My colleagues and I recently published an open-access article in Frontiers in Education titled Contextual Interference Effects in Early Assessment: Evaluating the Psychometric Benefits of Item Interleaving. We looked at how interleaving as opposed to blocking items by task affects the psychometric properties of a test.
Here’s the abstract and link to the full text.
https://www.frontiersin.org/articles/10.3389/feduc.2020.00133/full
Research has shown that the context of practice tasks can have a significant impact on learning, with long-term retention and transfer improving when tasks of different types are mixed by interleaving (abcabcabc) compared with grouping together in blocks (aaabbbccc). This study examines the influence of context via interleaving from a psychometric perspective, using educational assessments designed for early childhood. An alphabet knowledge measure consisting of four types of tasks (finding, orienting, selecting, and naming letters) was administered in two forms, one with items blocked by task, and the other with items interleaved and rotating from one task to the next by item. The interleaving of tasks, and thereby the varying of item context, had a negligible impact on mean performance, but led to stronger internal consistency reliability as well as improved item discrimination. Implications for test design and student engagement in educational measurement are discussed.

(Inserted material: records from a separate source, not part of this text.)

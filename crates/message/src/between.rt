// Names, types and descriptions between two fixed texts.
ghost use Rattle.std.specs.Prelude.{◌++◌, ◌≡◌};
ghost use Rattle.text.specs.Text.{bytes};
ghost use Rattle.rules.specs.Types.{describe};
ghost use Rattle.rules.specs.Standing.{named_at};
ghost use Rattle.refusals.specs.Refusal.{dot_at};
ghost use Rattle.writing.specs.Writing.{Adds};

use grammar::Kind;
use rules::Ty;
use sheet::LoadedSheet;
use writing::Message;

// Adds the name of the record at line i between two texts.
pub fn say_name(
    sheet: &LoadedSheet<'_>,
    message: &mut Message<'_>,
    before: &[u8],
    i: usize,
    after: &[u8],
)
    ensures { Adds (before.now ++ (named_at sheet.now.bytes.now i ++ after.now)) message.old message.new }
{
    message.say(before, sheet.name(i), after);
}

// Adds the name of the dot at line i between a backtick and a text; no name where there is no dot.
pub fn say_method(sheet: &LoadedSheet<'_>, message: &mut Message<'_>, i: usize, after: &[u8])
    ensures { Adds (bytes "`" ++ ((dot_at sheet.now.bytes.now i).name ++ after.now)) message.old message.new }
{
    if sheet.is(i, Kind::Dot) {
        return message.say(b"`", sheet.name(i), after);
    }
    message.say(b"`", b"", after);
}

// What a type is called. No `Display`: a formatter would want a `fmt::Write` of `Message`, which is `add`.
fn describe(ty: Ty) -> &'static [u8]
    ensures { result.now ≡ bytes (describe ty) }
{
    match ty {
        Ty::Int => b"number",
        Ty::Bool => b"boolean",
        Ty::Address => b"address",
        Ty::Asset => b"asset",
        Ty::Word64 => b"64 bit word",
        Ty::Name => b"name",
        Ty::Time => b"time",
        Ty::Str => b"string",
        Ty::Collection => b"collection",
        Ty::Unknown => b"value",
    }
}

// Adds what a type is called between two texts.
pub fn say_described(message: &mut Message<'_>, before: &[u8], ty: Ty, after: &[u8])
    ensures { Adds (before.now ++ (bytes (describe ty) ++ after.now)) message.old message.new }
{
    message.say(before, describe(ty), after);
}
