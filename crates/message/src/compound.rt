// Messages of several parts.
ghost use Rattle.std.specs.Prelude.{suc};
ghost use Rattle.rules.specs.Arithmetic.{overflow_text};
ghost use Rattle.rules.specs.Ast.{type_name};
ghost use Rattle.rules.specs.Declarations.{arity_text, inner_text, unknown_text};
ghost use Rattle.rules.specs.Standing.{field_at, named_at, param_at, type_at};
ghost use Rattle.rules.specs.Statements.{emit_text, literal_text, slot_text};
ghost use Rattle.rules.specs.Text.{digits, render};
ghost use Rattle.rules.specs.Typing.{compared_text, holds_text, keyed_op_text};
ghost use Rattle.refusals.specs.Refusal.{arity, dot_at, literal_at};
ghost use Rattle.writing.specs.Writing.{Adds};

use crate::between::{say_described, say_method, say_name};
use crate::wording::{EMIT_FIELD, LARGEST, OVERFLOW, UNBOUNDED};
use declarations::arity_of;
use grammar::Kind;
use narrow::exceeds;
use rules::Ty;
use sheet::{LoadedSheet, line_count};
use writing::Message;

// 13, of a Map or Registry
pub fn add_arity(sheet: &LoadedSheet<'_>, message: &mut Message<'_>, ty: usize)
    ensures { Adds (render (arity_text (type_at sheet.now.bytes.now ty) (arity (type_name (type_at sheet.now.bytes.now ty))))) message.old message.new }
{
    say_name(sheet, message, b"a ", ty, b" takes ");
    message.add_decimal(arity_of(sheet.name(ty)).unwrap_or(0) as u64);
    message.add(b" type arguments");
}

// 15
pub fn add_inner(
    sheet: &LoadedSheet<'_>,
    message: &mut Message<'_>,
    ty: usize,
    inner: usize,
    key: bool,
)
    ensures { Adds (render (inner_text (type_at sheet.now.bytes.now ty) (type_at sheet.now.bytes.now inner) key)) message.old message.new }
{
    message.add(b"`");
    message.add_type(sheet, inner);
    if key {
        return say_name(sheet, message, b"` cannot be a ", ty, b" key");
    }
    say_name(sheet, message, b"` cannot be a ", ty, b" value");
}

// 16
pub fn add_unknown(sheet: &LoadedSheet<'_>, message: &mut Message<'_>, ty: usize)
    ensures { Adds (render (unknown_text (type_at sheet.now.bytes.now ty))) message.old message.new }
{
    message.add(b"`");
    message.add_type(sheet, ty);
    message.add(b"` is not a known type");
}

// Adds the number of the literal at line i.
fn add_literal_at(sheet: &LoadedSheet<'_>, message: &mut Message<'_>, i: usize)
    ensures { Adds (digits 39 (literal_at sheet.now.bytes.now i)) message.old message.new }
{
    if !sheet.is(i, Kind::Int) {
        return message.add(b"0");
    }
    let text = sheet.name(i);
    if exceeds(text, 0) {
        return message.add_literal(text);
    }
    message.add(b"0");
}

// 27
pub fn add_too_large(
    sheet: &LoadedSheet<'_>,
    message: &mut Message<'_>,
    target: usize,
    value: usize,
    max: u64,
)
    ensures { Adds (render (literal_text (named_at sheet.now.bytes.now target) (literal_at sheet.now.bytes.now value) max)) message.old message.new }
{
    add_literal_at(sheet, message, value);
    say_name(sheet, message, b" does not fit `", target, &LARGEST);
    message.add_decimal(max);
}

// 28
pub fn add_slot(message: &mut Message<'_>, slot: Ty, given: Ty)
    ensures { Adds (render (slot_text slot given)) message.old message.new }
{
    say_described(message, b"a ", given, b" value cannot be stored in a ");
    say_described(message, b"", slot, b" slot");
}

// 31
pub fn add_keyed_op(sheet: &LoadedSheet<'_>, message: &mut Message<'_>, callee: usize, field: usize)
    ensures { Adds (render (keyed_op_text (dot_at sheet.now.bytes.now callee).name (field_at sheet.now.bytes.now field))) message.old message.new }
{
    say_method(sheet, message, callee, b"` does not apply to `");
    say_name(sheet, message, b"", field, b"`, a ");
    message.add_type_of(sheet, field);
}

// 35
pub fn add_holds(
    sheet: &LoadedSheet<'_>,
    message: &mut Message<'_>,
    field: usize,
    want: Ty,
    got: Ty,
)
    ensures { Adds (render (holds_text (field_at sheet.now.bytes.now field).name want got)) message.old message.new }
{
    say_name(sheet, message, b"`", field, b"` holds ");
    say_described(message, b"", want, b" here, not a ");
    say_described(message, b"", got, b" value");
}

// 42
pub fn add_compared(message: &mut Message<'_>, l: Ty, r: Ty)
    ensures { Adds (render (compared_text l r)) message.old message.new }
{
    say_described(message, b"a ", l, b" cannot be compared with a ");
    say_described(message, b"", r, b"");
}

// 43
pub fn add_emit_field(sheet: &LoadedSheet<'_>, message: &mut Message<'_>, param: usize, got: Ty)
    ensures { Adds (render (emit_text (param_at sheet.now.bytes.now param) got)) message.old message.new }
{
    say_name(
        sheet,
        message,
        b"the event field `",
        param,
        b"` is declared ",
    );
    message.add_type_of(sheet, param);
    say_described(message, b", so it cannot carry a ", got, &EMIT_FIELD);
}

// 45
pub fn add_overflow(sheet: &LoadedSheet<'_>, message: &mut Message<'_>, assign: usize)
    ensures { Adds (render (overflow_text (named_at sheet.now.bytes.now (suc assign)))) message.old message.new }
{
    if assign < line_count(sheet.lines) {
        return say_name(sheet, message, &OVERFLOW, assign + 1, &UNBOUNDED);
    }
    message.say(&OVERFLOW, b"", &UNBOUNDED);
}
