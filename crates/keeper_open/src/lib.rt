//! Opening a store: its floors, recipes and tables are read and checked, and what a keeper has in memory is made of them.
//!
//! The calls of the shelf are, in this order: the list of its names; a get of each floor that is listed, by set; a get of
//! each recipe that is due, by set and version; a get of the table of each container that a row names, ids ascending.
//! Nothing is got twice, no payload is got, and nothing is written.
//!
//! The floor of a set is what its blob says, or 1 where none is listed. A recipe is due where its version is at or above
//! the floor and a recipe at or above it is listed, and at a floor above 1 always. So a hole below a listed recipe is
//! damage, and so is a floor above 1 without its recipe. A recipe that is due and not listed is absent, without a call.
//!
//! What is checked, and the first that fails is the answer: each floor has a spelling; each recipe that is due is there,
//! has a spelling, and a `next` that is not below that of the version before; the table of each named container is there
//! and has a spelling; and each row stands in the table of its container, with its length, rows by set, version and place.
//!
//! A name that is listed and that none of this needs is a stray: a recipe that is no kept version's, a floor or a recipe of
//! a set that there is not, a table or a payload of a container that no row names.
//!
//! A recipe is held until its ids are marked and its rows noted. A note is kept for each chunk that rows name in a
//! container, with the first row that names it; each table takes the notes of its chunks out, so that a row is bad exactly
//! where its note is left. The notes go when the store is open. A look-up is by hash or by a search among sorted names, and
//! the work grows as the names, the rows of recipes and the rows of tables do.
#![tactic(auto)]

ghost use Rattle.std.specs.Prelude.{◌≡◌, IfOk};
ghost use Rattle.vault_types.specs.declared.Fault.TheVariants as fault;
ghost use Rattle.vault_types.specs.declared.Kind.TheVariants as kind;
ghost use Rattle.vault_types.specs.declared.Why.TheVariants as why;
ghost use Rattle.vault_types.specs.State.{State};
ghost use Rattle.vault_traits.specs.Shelf.{IsAsBefore};
ghost use Rattle.vault_traits.specs.Causes.{HasCauses};
ghost use Rattle.vault_types.specs.FirstDamage.{IsDamageOf};
ghost use Rattle.keeper_open.specs.Opening.{IsStoreOpened};

mod listing;
mod notes;
mod reading;
mod room;

use crate::notes::{Notes, RowPlace, least, list_of};
use crate::reading::{Found, read_floors, read_sets, read_tables};
use crate::room::catalog_of;
use fp_index::Index;
use keeper_catalog::Catalog;
use recipe_store::survey;
use std::alloc::Global;
use vault_traits::Shelf;
use vault_types::{Fault, Kind, Why};

/// What is in memory of a store that was just opened: the catalog of its sets, tables, markers and strays, and the index
/// of its fingerprints.
#[derive(Drop)]
pub struct Opened {
    pub catalog: Catalog,
    pub index: Index,
}

/// Opens a store. The answer is that of a valid state, for which the blobs stand where the shelf tells them, and whose rows
/// have the lengths of their tables; over a shelf that tells nothing it is the state of what was read, without payloads.
/// The lists of the catalog have the room that a deletion takes. Nothing is written, and no payload is read.
///
/// `StoreFault` with the count of faults of the shelf; `Damaged` with the first place that is bad; `Memory`. Whatever is
/// answered, the blobs are as before.
pub fn open<S: Shelf>(alloc: Global, shelf: &mut S) -> Result<Opened, Fault>
    ensures opened { IfOk result (λ o. (T : State)
        × IsStoreOpened (S.told shelf.old).blobs T o.catalog o.index) }
    ensures kept { IsAsBefore (S.told shelf.old) (S.told shelf.new) }
    ensures gets { (S.told shelf.new).gets ≡ (S.told shelf.old).gets }
    ensures causes { HasCauses (S.told shelf.old).faults (S.told shelf.new).faults
        (IsDamageOf (S.told shelf.old).blobs) result }
{
    let names = survey(alloc, shelf)?;
    let floors = read_floors(alloc, shelf, names.as_slice())?;
    let mut notes = Notes::new(alloc);
    let sets = read_sets(
        alloc,
        shelf,
        names.as_slice(),
        floors.as_slice(),
        &mut notes,
    )?;
    let Notes {
        markers,
        ids,
        places,
    } = notes;
    let ids = list_of(alloc, &ids)?;
    let found = read_tables(alloc, shelf, ids.as_slice(), places)?;
    if let Some(place) = least(&found.places) {
        return Err(bad_row(place));
    }
    let Found {
        tables,
        index,
        places: _,
    } = found;
    let catalog = catalog_of(alloc, names.as_slice(), sets, tables, markers)?;
    Ok(Opened { catalog, index })
}

// The fault of a row that stands in no table.
fn bad_row(place: RowPlace) -> Fault
    ensures { result ≡ fault.Damaged kind.Recipe place.number (why.BadRow place.row) }
{
    Fault::Damaged {
        kind: Kind::Recipe,
        number: place.number,
        why: Why::BadRow(place.row),
    }
}
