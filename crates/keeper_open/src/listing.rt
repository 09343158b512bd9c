// The names that a shelf lists.
ghost use Rattle.std.specs.Prelude.{◌≡◌, ◌≤◌, ◌<◌, ◌+◌, ℕ, IfSome, IfNone};
ghost use Rattle.std.specs.FinMap as map;
ghost use Rattle.vault_types.specs.Blobs.{IsVersion};
ghost use Rattle.vault_types.specs.Shelf.{Blobs, recipe_name, floor_name};
ghost use Rattle.vault_traits.specs.Shelf.{IsListing};
ghost use Rattle.keeper_open.specs.Reading.{IsLastListed, IsLastDue};

use vault_types::{Kind, Name, Set, Version};

/// Whether a name is listed.
pub fn is_listed(names: &[Name], name: Name) -> bool
    ensures { (m : Blobs) → IsListing m names.now → result ≡ map.contains_key m name }
{
    names.binary_search(&name).is_ok()
}

/// The greatest version of a set, at most 4,294,967,294, whose recipe is listed.
pub fn last_listed(names: &[Name], set: Set) -> Option<Version>
    ensures last { (m : Blobs) → IsListing m names.now → IsLastListed m set result }
    ensures high { IfSome result (λ v. v ≤ 4294967294) }
{
    match names.binary_search(&Name::recipe(set, 4_294_967_294)) {
        Ok(_) => Some(4_294_967_294),
        Err(0) => None,
        Err(at) => version_in(set, names[at - 1]),
    }
}

/// The version whose recipe of the set has this name.
fn version_in(set: Set, name: Name) -> Option<Version>
    ensures found { IfSome result (λ v. (name ≡ recipe_name set v) × (v ≤ 4294967294)) }
    ensures none { IfNone result ((v : ℕ) → v ≤ 4294967294 → name ≡ recipe_name set v → ⊥) }
{
    if name.kind != Kind::Recipe || name.number / 4_294_967_296 != u64::from(set) {
        return None;
    }
    let version = (name.number % 4_294_967_296) as u32;
    if version > 4_294_967_294 {
        return None;
    }
    Some(version)
}

/// The last version of a set that is to be read, where its floor is this: the greatest that is listed from the floor on;
/// else the floor itself where it is above 1, and none, which is 0, where it is 1.
pub fn last_due(names: &[Name], set: Set, floor: Version) -> Version
    requires { IsVersion floor }
    ensures last { (m : Blobs) → IsListing m names.now → IsLastDue m set floor result }
    ensures low { 1 < floor → floor ≤ result }
    ensures high { result ≤ 4294967294 }
    ensures next { floor ≤ result + 1 }
{
    match last_listed(names, set) {
        Some(version) if version >= floor => version,
        _ if floor > 1 => floor,
        _ => 0,
    }
}
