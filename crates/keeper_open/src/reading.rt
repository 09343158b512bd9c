// Reading floors, recipes and tables.
ghost use Rattle.std.specs.Prelude.{◌≡◌, ◌≤◌, ◌*◌, ◌^◌, [], ℕ, List, length, map, IfOk, IfSome};
ghost use Rattle.vault_types.specs.declared.Fault.TheVariants as fault;
ghost use Rattle.vault_types.specs.declared.Recipe.{Recipe as Recipes};
ghost use Rattle.vault_types.specs.declared.Table.{Table as Tables};
ghost use Rattle.vault_types.specs.Blobs.{IsVersion};
ghost use Rattle.vault_types.specs.Lists.{IsAscending};
ghost use Rattle.vault_traits.specs.Shelf.{IsAsBefore, IsListing};
ghost use Rattle.vault_traits.specs.Causes.{HasCauses};
ghost use Rattle.vault_types.specs.BlobDamage.{IsFloorIn, IsFloorDamage, IsRecipeDamage};
ghost use Rattle.vault_types.specs.FirstDamage.{ReadsRecipe, IsDamageOf};
ghost use Rattle.keeper_open.specs.Reading.{SetRead, AreFloors, IsVersionDamage, IsSetRead, IsSetDamage, AreSets, all_recipes, AreNoted, NotesMore, IsFirstTable, IsFound};

use crate::listing::{is_listed, last_due};
use crate::notes::{Chunk, Notes, RowPlace, note, strike};
use container_store::get_table;
use fp_index::Index;
use keeper_catalog::SetInfo;
use recipe_store::{get_floor, get_recipe};
use std::alloc::Global;
use std::collections::{BTreeMap, HashMap};
use vault_traits::Shelf;
use vault_types::list::ListOf;
use vault_types::{Fault, Id, Kind, Name, Recipe, Set, Table, Version, Why};

/// The floors of the 256 sets.
pub fn read_floors<S: Shelf>(
    alloc: Global,
    shelf: &mut S,
    names: &[Name],
) -> Result<Vec<Version>, Fault>
    requires listing { IfSome (S.told shelf.old).blobs (λ m. IsListing m names.now) }
    ensures read { IfOk result (λ floors. AreFloors (S.told shelf.old).blobs 0 floors.items
        × (length floors.items ≡ 256)) }
    ensures kept { IsAsBefore (S.told shelf.old) (S.told shelf.new) }
    ensures gets { (S.told shelf.new).gets ≡ (S.told shelf.old).gets }
    ensures causes { HasCauses (S.told shelf.old).faults (S.told shelf.new).faults
        (IsDamageOf (S.told shelf.old).blobs) result }
{
    let mut floors = Vec::new(alloc);
    for number in 0..256u32 {
        let floor = floor_in(alloc, shelf, names, number as u8)?;
        floors.push(floor)?;
    }
    Ok(floors)
}

fn floor_in<S: Shelf>(
    alloc: Global,
    shelf: &mut S,
    names: &[Name],
    set: Set,
) -> Result<Version, Fault>
    requires listing { IfSome (S.told shelf.old).blobs (λ m. IsListing m names.now) }
    ensures found { IfOk result (λ floor. IsFloorIn (S.told shelf.old).blobs set floor) }
    ensures kept { IsAsBefore (S.told shelf.old) (S.told shelf.new) }
    ensures gets { (S.told shelf.new).gets ≡ (S.told shelf.old).gets }
    ensures causes { HasCauses (S.told shelf.old).faults (S.told shelf.new).faults
        (IsFloorDamage (S.told shelf.old).blobs set) result }
{
    if is_listed(names, Name::floor(set)) {
        get_floor(alloc, shelf, set)
    } else {
        Ok(1)
    }
}

/// The sets with these floors. Their recipes are noted.
pub fn read_sets<S: Shelf>(
    alloc: Global,
    shelf: &mut S,
    names: &[Name],
    floors: &[Version],
    notes: &mut Notes,
) -> Result<Vec<SetInfo>, Fault>
    requires listing { IfSome (S.told shelf.old).blobs (λ m. IsListing m names.now) }
    requires floors { AreFloors (S.told shelf.old).blobs 0 floors.now }
    requires count { length floors.now ≡ 256 }
    ensures read { IfOk result (λ sets. (ds : List SetRead) × (map (λ d. d.info) ds ≡ sets.items)
        × (length ds ≡ 256) × AreSets (S.told shelf.old).blobs 0 ds
        × (AreNoted notes.old [] → AreNoted notes.new (all_recipes ds))) }
    ensures kept { IsAsBefore (S.told shelf.old) (S.told shelf.new) }
    ensures gets { (S.told shelf.new).gets ≡ (S.told shelf.old).gets }
    ensures causes { HasCauses (S.told shelf.old).faults (S.told shelf.new).faults
        (IsDamageOf (S.told shelf.old).blobs) result }
{
    let mut sets = Vec::new(alloc);
    for number in 0..256u32 {
        let floor = floors[number as usize];
        let info = read_set(alloc, shelf, names, number as u8, floor, notes)?;
        sets.push(info)?;
    }
    Ok(sets)
}

fn read_set<S: Shelf>(
    alloc: Global,
    shelf: &mut S,
    names: &[Name],
    set: Set,
    floor: Version,
    notes: &mut Notes,
) -> Result<SetInfo, Fault>
    requires listing { IfSome (S.told shelf.old).blobs (λ m. IsListing m names.now) }
    requires floor { IsFloorIn (S.told shelf.old).blobs set floor }
    ensures read { IfOk result (λ info. (rs : List Recipes) × IsSetRead (S.told shelf.old).blobs set info rs
        × (info.floor ≡ floor) × NotesMore notes.old notes.new (set * 2 ^ 32) rs) }
    ensures kept { IsAsBefore (S.told shelf.old) (S.told shelf.new) }
    ensures gets { (S.told shelf.new).gets ≡ (S.told shelf.old).gets }
    ensures causes { HasCauses (S.told shelf.old).faults (S.told shelf.new).faults
        (IsSetDamage (S.told shelf.old).blobs set floor) result }
{
    let latest = last_due(names, set, floor);
    let mut next = 1;
    let mut sparse = ListOf::from_vec(Vec::new(alloc));
    for version in floor..latest + 1 {
        let recipe = read_version(alloc, shelf, names, set, version, next)?;
        note(alloc, notes, &recipe)?;
        next = recipe.next;
        sparse = recipe.sparse;
    }
    Ok(SetInfo {
        floor,
        latest,
        next,
        sparse,
    })
}

// The recipe of a version, whose first free id is not below `low`.
fn read_version<S: Shelf>(
    alloc: Global,
    shelf: &mut S,
    names: &[Name],
    set: Set,
    version: Version,
    low: Id,
) -> Result<Recipe, Fault>
    requires listing { IfSome (S.told shelf.old).blobs (λ m. IsListing m names.now) }
    ensures found { IfOk result (λ r. ReadsRecipe (S.told shelf.old).blobs set version r × (low ≤ r.next)) }
    ensures kept { IsAsBefore (S.told shelf.old) (S.told shelf.new) }
    ensures gets { (S.told shelf.new).gets ≡ (S.told shelf.old).gets }
    ensures causes { HasCauses (S.told shelf.old).faults (S.told shelf.new).faults
        (IsVersionDamage (S.told shelf.old).blobs set version low) result }
{
    let recipe = recipe_in(alloc, shelf, names, set, version)?;
    if recipe.next < low {
        let why = Why::Lower {
            before: low,
            found: recipe.next,
        };
        return Err(damaged(Name::recipe(set, version), why));
    }
    Ok(recipe)
}

fn recipe_in<S: Shelf>(
    alloc: Global,
    shelf: &mut S,
    names: &[Name],
    set: Set,
    version: Version,
) -> Result<Recipe, Fault>
    requires listing { IfSome (S.told shelf.old).blobs (λ m. IsListing m names.now) }
    ensures found { IfOk result (ReadsRecipe (S.told shelf.old).blobs set version) }
    ensures kept { IsAsBefore (S.told shelf.old) (S.told shelf.new) }
    ensures gets { (S.told shelf.new).gets ≡ (S.told shelf.old).gets }
    ensures causes { HasCauses (S.told shelf.old).faults (S.told shelf.new).faults
        (IsRecipeDamage (S.told shelf.old).blobs set version) result }
{
    let name = Name::recipe(set, version);
    if is_listed(names, name) {
        get_recipe(alloc, shelf, set, version)
    } else {
        Err(damaged(name, Why::Absent))
    }
}

fn damaged(name: Name, why: Why) -> Fault
    ensures { result ≡ fault.Damaged name.kind name.number why }
{
    Fault::Damaged {
        kind: name.kind,
        number: name.number,
        why,
    }
}

/// The tables by id, their index, and the chunks that recipes name and no table has.
#[derive(Drop)]
pub struct Found {
    pub tables: BTreeMap<Id, Table>,
    pub index: Index,
    pub places: HashMap<Chunk, RowPlace>,
}

/// The tables of these containers.
pub fn read_tables<S: Shelf>(
    alloc: Global,
    shelf: &mut S,
    ids: &[Id],
    places: HashMap<Chunk, RowPlace>,
) -> Result<Found, Fault>
    requires { IsAscending ids.now }
    ensures read { IfOk result (λ found. (ts : List Tables)
        × IsFound (S.told shelf.old).blobs ids.now places.entries found ts) }
    ensures kept { IsAsBefore (S.told shelf.old) (S.told shelf.new) }
    ensures gets { (S.told shelf.new).gets ≡ (S.told shelf.old).gets }
    ensures causes { HasCauses (S.told shelf.old).faults (S.told shelf.new).faults
        (IsFirstTable (S.told shelf.old).blobs ids.now) result }
{
    let mut tables = BTreeMap::new(alloc);
    let mut index = Index::from_tables(alloc, &[])?;
    let mut places = places;
    for id in ids {
        let table = get_table(alloc, shelf, *id)?;
        index.add_container(alloc, &table)?;
        strike(&mut places, *id, table.rows.as_slice());
        tables.insert(*id, table)?;
    }
    Ok(Found {
        tables,
        index,
        places,
    })
}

The plots below show item difficulty (on the left) and discrimination (right) for 20 items. Plotting characters represent the task for each item, abbreviated as F, O, S, and N (letter finding, orienting, selecting, and naming, respectively), with results from the blocked administration on the x-axis and interleaving on the y-axis.
Our sample sizes (50 for blocked and 55 for interleaving) didn’t support item-level comparisons, but the overall trends are still interesting. Item difficulties don’t appear to change consistently but discriminations do seem to increase overall for interleaved.